Problem description → Starting at the line that contains "unreachable!()", return every line through the end of the entries below, exactly and with nothing else.

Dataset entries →

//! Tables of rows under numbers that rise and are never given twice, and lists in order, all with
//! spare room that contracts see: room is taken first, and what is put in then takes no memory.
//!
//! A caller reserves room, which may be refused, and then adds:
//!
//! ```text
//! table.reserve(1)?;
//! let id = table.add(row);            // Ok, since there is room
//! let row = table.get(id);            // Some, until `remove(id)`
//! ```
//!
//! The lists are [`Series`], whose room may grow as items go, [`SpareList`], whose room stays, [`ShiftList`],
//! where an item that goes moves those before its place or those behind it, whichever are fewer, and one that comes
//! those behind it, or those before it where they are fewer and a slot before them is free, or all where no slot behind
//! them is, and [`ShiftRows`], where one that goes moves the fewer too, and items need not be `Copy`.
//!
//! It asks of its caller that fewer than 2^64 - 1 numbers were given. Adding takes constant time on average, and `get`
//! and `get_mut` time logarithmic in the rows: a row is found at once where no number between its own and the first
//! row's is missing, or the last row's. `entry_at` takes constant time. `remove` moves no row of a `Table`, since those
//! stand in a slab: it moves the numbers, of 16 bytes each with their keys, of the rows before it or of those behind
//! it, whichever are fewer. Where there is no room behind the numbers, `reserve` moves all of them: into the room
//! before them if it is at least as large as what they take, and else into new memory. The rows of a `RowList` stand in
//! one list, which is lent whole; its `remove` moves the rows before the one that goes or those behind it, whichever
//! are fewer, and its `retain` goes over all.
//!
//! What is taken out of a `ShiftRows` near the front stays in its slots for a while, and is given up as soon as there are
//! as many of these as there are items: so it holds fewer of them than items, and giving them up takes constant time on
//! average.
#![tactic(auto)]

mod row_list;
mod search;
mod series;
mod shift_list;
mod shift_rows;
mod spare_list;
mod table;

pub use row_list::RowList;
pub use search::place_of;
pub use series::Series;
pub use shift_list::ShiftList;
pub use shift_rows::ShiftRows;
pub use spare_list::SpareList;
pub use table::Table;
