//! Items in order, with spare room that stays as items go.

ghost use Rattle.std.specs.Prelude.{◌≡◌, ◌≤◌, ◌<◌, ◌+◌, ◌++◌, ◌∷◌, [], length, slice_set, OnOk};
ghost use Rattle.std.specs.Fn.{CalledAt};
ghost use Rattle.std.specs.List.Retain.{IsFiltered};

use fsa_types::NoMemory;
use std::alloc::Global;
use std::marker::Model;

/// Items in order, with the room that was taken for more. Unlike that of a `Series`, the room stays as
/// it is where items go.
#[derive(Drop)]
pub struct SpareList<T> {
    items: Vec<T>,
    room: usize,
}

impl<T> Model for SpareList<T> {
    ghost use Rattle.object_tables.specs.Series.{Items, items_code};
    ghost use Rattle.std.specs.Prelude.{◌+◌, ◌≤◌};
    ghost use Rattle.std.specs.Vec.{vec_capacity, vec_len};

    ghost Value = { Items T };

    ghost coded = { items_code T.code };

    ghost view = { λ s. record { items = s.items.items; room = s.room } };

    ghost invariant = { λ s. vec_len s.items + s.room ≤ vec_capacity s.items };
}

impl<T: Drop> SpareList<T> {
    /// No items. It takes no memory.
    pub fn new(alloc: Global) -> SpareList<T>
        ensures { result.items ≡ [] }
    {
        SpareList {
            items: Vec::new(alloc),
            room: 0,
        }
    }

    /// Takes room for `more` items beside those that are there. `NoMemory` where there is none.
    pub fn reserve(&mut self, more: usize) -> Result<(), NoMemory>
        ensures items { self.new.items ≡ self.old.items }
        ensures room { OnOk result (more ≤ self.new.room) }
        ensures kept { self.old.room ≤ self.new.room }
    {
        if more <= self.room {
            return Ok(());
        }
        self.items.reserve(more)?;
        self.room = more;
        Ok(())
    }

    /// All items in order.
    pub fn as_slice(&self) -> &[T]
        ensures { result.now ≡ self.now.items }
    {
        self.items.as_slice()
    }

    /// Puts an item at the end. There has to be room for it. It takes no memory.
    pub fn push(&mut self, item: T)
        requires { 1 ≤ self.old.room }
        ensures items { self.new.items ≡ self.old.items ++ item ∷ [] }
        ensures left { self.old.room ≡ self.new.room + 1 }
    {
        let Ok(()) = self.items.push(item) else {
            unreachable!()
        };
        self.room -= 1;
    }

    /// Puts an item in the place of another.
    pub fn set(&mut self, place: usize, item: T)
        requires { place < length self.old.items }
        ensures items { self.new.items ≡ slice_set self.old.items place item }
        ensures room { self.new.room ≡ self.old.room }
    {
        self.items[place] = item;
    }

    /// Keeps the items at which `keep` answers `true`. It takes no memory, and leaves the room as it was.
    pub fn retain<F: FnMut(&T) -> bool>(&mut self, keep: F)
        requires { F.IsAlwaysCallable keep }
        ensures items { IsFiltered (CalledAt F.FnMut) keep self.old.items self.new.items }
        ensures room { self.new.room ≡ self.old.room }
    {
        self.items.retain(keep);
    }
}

Answer →
            unreachable!()
        };
        self.room -= 1;
    }

    /// Puts an item in the place of another.
    pub fn set(&mut self, place: usize, item: T)
        requires { place < length self.old.items }
        ensures items { self.new.items ≡ slice_set self.old.items place item }
        ensures room { self.new.room ≡ self.old.room }
    {
        self.items[place] = item;
    }

    /// Keeps the items at which `keep` answers `true`. It takes no memory, and leaves the room as it was.
    pub fn retain<F: FnMut(&T) -> bool>(&mut self, keep: F)
        requires { F.IsAlwaysCallable keep }
        ensures items { IsFiltered (CalledAt F.FnMut) keep self.old.items self.new.items }
        ensures room { self.new.room ≡ self.old.room }
    {
        self.items.retain(keep);
    }
}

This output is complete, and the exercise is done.